_Your task:_
Needed from the data below: every line from the one with "number of harts." up to and including the one with "< length self.old", repeated exactly and with nothing else.

_Saved entries:_

****

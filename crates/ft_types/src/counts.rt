//! Rows of one count per hart.

ghost use Rattle.std.specs.Prelude.{◌≡◌, ◌<◌, ◌≤◌, ◌^◌, ◌↔◌, ◌++◌, ℕ, List, length, take, drop, replicate, slice_index, slice_set, IsTrue, IfSome, IsSome, Some};
ghost use Rattle.std.specs.List.{AllByRecursion};
ghost use Rattle.ft_types.specs.Counts.{IsCount, count_at, lesser, greater, zipped, IsWithin};

use crate::names::{COUNT_LIMIT, Count, HART_LIMIT, HART_ROW, Hart};
use std::marker::Model;

/// One count per hart. Contracts see the list of the counts, by rising hart.
#[derive(Clone, Copy, Debug, PartialEq, Eq)]
pub struct Counts {
    row: [u64; HART_ROW],
    harts: u8,
}

impl Model for Counts {
    ghost use Rattle.std.specs.Prelude.{ℕ, List, take, length, ◌-◌, ◌++◌, replicate, refl};
    ghost use Rattle.ft_types.specs.declared.names.TheConstants.{HART_ROW};
    ghost use Rattle.ft_types.specs.machinery.Rows.{IsRow, words_of_view, length_of_view};

    ghost Value = { List ℕ };

    ghost view = { λ c. take c.harts c.row };

    ghost invariant = { λ c. IsRow c.row c.harts };

    ghost inverse = { λ xs. record { row = xs ++ replicate (HART_ROW - length xs) 0; harts = length xs } };

    ghost inverse_ok = { λ a h. Prim.rw (words_of_view a.row a.harts h, length_of_view a.row a.harts h) refl };
}

/// A row with a count of 0 for each hart.
fn no_counts() -> [u64; HART_ROW]
    ensures { result ≡ replicate HART_ROW 0 }
{
    [0; HART_ROW]
}

/// In so many harts the smaller counts, and behind them those of the first row.
fn least(row: &[u64; HART_ROW], other: &[u64; HART_ROW], harts: u8) -> [u64; HART_ROW]
    requires { harts ≤ HART_LIMIT }
    ensures { result ≡ lesser (take harts row.now) (take harts other.now) ++ drop harts row.now }
{
    let mut least = *row;
    for i in 0..harts as usize {
        least[i] = row[i].min(other[i]);
    }
    least
}

/// In so many harts the greater counts, and behind them those of the first row.
fn greatest(row: &[u64; HART_ROW], other: &[u64; HART_ROW], harts: u8) -> [u64; HART_ROW]
    requires { harts ≤ HART_LIMIT }
    ensures { result ≡ greater (take harts row.now) (take harts other.now) ++ drop harts row.now }
{
    let mut greatest = *row;
    for i in 0..harts as usize {
        greatest[i] = row[i].max(other[i]);
    }
    greatest
}

/// Whether the counts are equal.
pub fn same_counts(counts: &[Count], others: &[Count]) -> bool
    ensures { IsTrue result ↔ (counts.now ≡ others.now) }
{
    counts == others
}

impl Counts {
    /// All counts 0.
    pub fn zero(harts: u8) -> Counts
        requires { harts ≤ HART_LIMIT }
        ensures { result ≡ replicate harts 0 }
    {
        Counts {
            row: no_counts(),
            harts,
        }
    }

    /// The counts of these harts: `None` where there are more than `HART_LIMIT` or one is no count.
    pub fn from_slice(counts: &[u64]) -> Option<Counts>
        ensures value { IfSome result (λ c. c ≡ counts.now) }
        ensures exact { IsSome result ↔ ((length counts.now ≤ HART_LIMIT) × AllByRecursion IsCount counts.now) }
    {
        if counts.len() > HART_ROW {
            return None;
        }
        let mut row = no_counts();
        for (i, count) in counts.iter().enumerate() {
            if *count >= COUNT_LIMIT {
                return None;
            }
            row[i] = *count;
        }
        Some(Counts {
            row,
            harts: counts.len() as u8,
        })
    }

    /// The number of harts.
    pub fn harts(&self) -> u8
        ensures value { result ≡ length self.now }
        ensures limit { result ≤ HART_LIMIT }
    {
        self.harts
    }

    /// The counts, by rising hart.
    pub fn as_slice(&self) -> &[Count]
        ensures value { result.now ≡ self.now }
        ensures limit { length result.now ≤ HART_LIMIT }
        ensures counts { AllByRecursion IsCount result.now }
    {
        &self.row[..self.harts as usize]
    }

    /// A hart's count.
    pub fn get(&self, hart: Hart) -> Count
        requires { hart < length self.now }
        ensures value { result ≡ slice_index self.now hart }
        ensures limit { result < COUNT_LIMIT }
    {
        self.row[hart.index()]
    }

    /// A hart's count, 0 where the row has none.
    pub fn count_of(&self, hart: Hart) -> Count
        ensures value { result ≡ count_at self.now hart }
        ensures limit { result < COUNT_LIMIT }
    {
        if hart.number() < self.harts() {
            self.get(hart)
        } else {
            0
        }
    }

    /// Changes a hart's count.
    pub fn set(&mut self, hart: Hart, count: Count)
        requires hart { hart < length self.old }
        requires count { count < COUNT_LIMIT }
        ensures { self.new ≡ slice_set self.old hart count }
    {
        self.row[hart.index()] = count;
    }

    /// Becomes the other counts. Where both are of as many harts, no more is moved than theirs.
    pub fn copy_from(&mut self, other: &Counts)
        ensures { self.new ≡ other.now }
    {
        if self.harts != other.harts {
            *self = *other;
            return;
        }
        let harts = self.harts as usize;
        self.row[..harts].copy_from_slice(&other.row[..harts]);
    }

    /// Hart by hart, the smaller count.
    pub fn meet(self, other: Counts) -> Counts
        requires { length self ≡ length other }
        ensures { result ≡ lesser self other }
    {
        Counts {
            row: least(&self.row, &other.row, self.harts),
            harts: self.harts,
        }
    }

    /// Hart by hart, the greater count.
    pub fn max(self, other: Counts) -> Counts
        requires { length self ≡ length other }
        ensures { result ≡ greater self other }
    {
        Counts {
            row: greatest(&self.row, &other.row, self.harts),
            harts: self.harts,
        }
    }

    /// Whether each count is at most the other's.
    pub fn within(self, other: Counts) -> bool
        requires { length self ≡ length other }
        ensures { IsTrue result ↔ IsWithin self other }
    {
        for i in 0..self.harts as usize {
            if self.row[i] > other.row[i] {
                return false;
            }
        }
        true
    }
}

****

_Solution to the exercise:_
    /// The number of harts.
    pub fn harts(&self) -> u8
        ensures value { result ≡ length self.now }
        ensures limit { result ≤ HART_LIMIT }
    {
        self.harts
    }

    /// The counts, by rising hart.
    pub fn as_slice(&self) -> &[Count]
        ensures value { result.now ≡ self.now }
        ensures limit { length result.now ≤ HART_LIMIT }
        ensures counts { AllByRecursion IsCount result.now }
    {
        &self.row[..self.harts as usize]
    }

    /// A hart's count.
    pub fn get(&self, hart: Hart) -> Count
        requires { hart < length self.now }
        ensures value { result ≡ slice_index self.now hart }
        ensures limit { result < COUNT_LIMIT }
    {
        self.row[hart.index()]
    }

    /// A hart's count, 0 where the row has none.
    pub fn count_of(&self, hart: Hart) -> Count
        ensures value { result ≡ count_at self.now hart }
        ensures limit { result < COUNT_LIMIT }
    {
        if hart.number() < self.harts() {
            self.get(hart)
        } else {
            0
        }
    }

    /// Changes a hart's count.
    pub fn set(&mut self, hart: Hart, count: Count)
        requires hart { hart < length self.old }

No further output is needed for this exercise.